If silver is involved in a solution of sulfuric acid with an oxidizer, I suspect we would have some silver sulfate to deal with later.


----------



## Geo (Feb 7, 2014)

Too, like any other acidic solution, the warmer it is, the more reactive it is. Heat plays a large part in when and how sulfuric acid reacts to certain metals. I've made copper sulfate by dissolving copper in dilute sulfuric acid but the acid was near boiling.


----------



## solar_plasma (Feb 7, 2014)

butcher,

thank you, it took from early in the morning till after work, but now I know what you meaned. I cannot compare the cell situation to sulfuric without any extra charge. Dillution of the sulfuric in the sulfuric cell causes dissolving of basemetal just because we force them by the charge. Without this charge dill. sulfuric will not attack copper readily without much time, much heat and/or oxidizers. Got it. Thank you all!


----------



## goldsilverpro (Feb 7, 2014)

The more I delve into the H2SO4/H2O2 copper dissolving system, the more complicated I see it is. The big problem with just using those 2 chemicals alone is that the H2O2 decomposes very quickly. I noticed on one of the videos that there seemed to be too much gassing for the amount of copper being dissolved. This gassing is the oxygen released from the breakdown of the H2O2. In the patent literature, this problem is solved by the addition of various organic compounds that act as stabilizers. There are many listed but some of the more common ones are ethylene glycol (common antifreeze) or glycerin, either of which are added at 20ml/l. Another listed is sulfamic acid - 5g/l. The use of urea was also mentioned as a possibility in one patent. Formic or propianic acids are also mentioned.
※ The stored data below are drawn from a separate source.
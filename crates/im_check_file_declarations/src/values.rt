//! The first values of a static's cells at a place at file scope.
ghost use Rattle.std.specs.Prelude.{◌≡◌, MatchResult};
ghost use Rattle.im_rules.specs.FileScope.{static_size};
ghost use Rattle.im_rules.specs.Initialisers.{pieces_of};
ghost use Rattle.im_rules.specs.StaticValues.{cell_values};
ghost use Rattle.im_rules.specs.TypedUnit.{cells_in, AreConstants};
ghost use Rattle.im_types.specs.Shape.{type_of};
ghost use Rattle.im_check_items.specs.Shape.{items_in};
ghost use Rattle.im_check_file_place.specs.Files.{file_place_of};
ghost use Rattle.im_check_defined.specs.Values.{values_in};
ghost use Rattle.im_check_file_declarations.specs.Steps.{IsRefusedItem};

use crate::statics::Statics;
use im_check_file_place::File;
use im_check_items::Item;
use im_check_static_values::first_values;
use im_check_stop::Stop;
use im_typed::Constant;
use im_types::Type;
use std::alloc::Global;

/// The first values of the cells of a static of that type, behind the string literals of its
/// initialiser, whose items these are.
pub(crate) fn values(
    alloc: Global,
    ty: &Type,
    items: Vec<Item>,
    file: &File,
) -> Result<Vec<Constant>, Stop>
    ensures { let p = file_place_of file.now in
        let ps = items_in file.now.place.structs items.entry.items in MatchResult result
        (λ vs. AreConstants p ps × (values_in vs.items ≡ cell_values (static_size p)
        (cells_in p.context.known (type_of ty.now)) (pieces_of p.context.known ps)))
        (IsRefusedItem p ps) }
{
    let statics = Statics { file };
    first_values(alloc, &statics, file.place.structs.table(), ty, items)
}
The addition of a stabilizer can reduce the rate of H2O2 decomposition to as little as 1/500 of what it would be without a stabilizer.

https://docs.google.com/viewer?url=patentimages.storage.googleapis.com/pdfs/US3537895.pdf
https://docs.google.com/viewer?url=patentimages.storage.googleapis.com/pdfs/US3597290.pdf
https://docs.google.com/viewer?url=patentimages.storage.googleapis.com/pdfs/US3649194.pdf
https://docs.google.com/viewer?url=patentimages.storage.googleapis.com/pdfs/US3801512.pdf

Temperature is another factor in the decomposition rate of H2O2. In these patents, the temperature is held to a max of about 140F.

In one patent, in a chart, they say that a solution containing 20ml/l of either ethylene glycol or glycerin would eat through the copper layer on a 1oz copper/ft2 circuit board in from 135 to 175 seconds (about 2 to 3 minutes).


----------



## butcher (Feb 7, 2014)

Reusing old copper chloride solution to attack copper or Iron chloride solution to dissolve copper, this will work for gold or silver, the silver will form chloride so some of the silver makes silver chloride, some of the thicker pieces of silver are left protected by the chloride crust.

With any recovery methods the more of the base metal you can remove mechanically (like cutting the silver contacts off of the large copper bus bar), the less base metal you will have to dissolve.

Collection of some older posts I made on this subject:

Old used Copper II chloride solution (reusing the waste), or making and using the ferric chloride leach...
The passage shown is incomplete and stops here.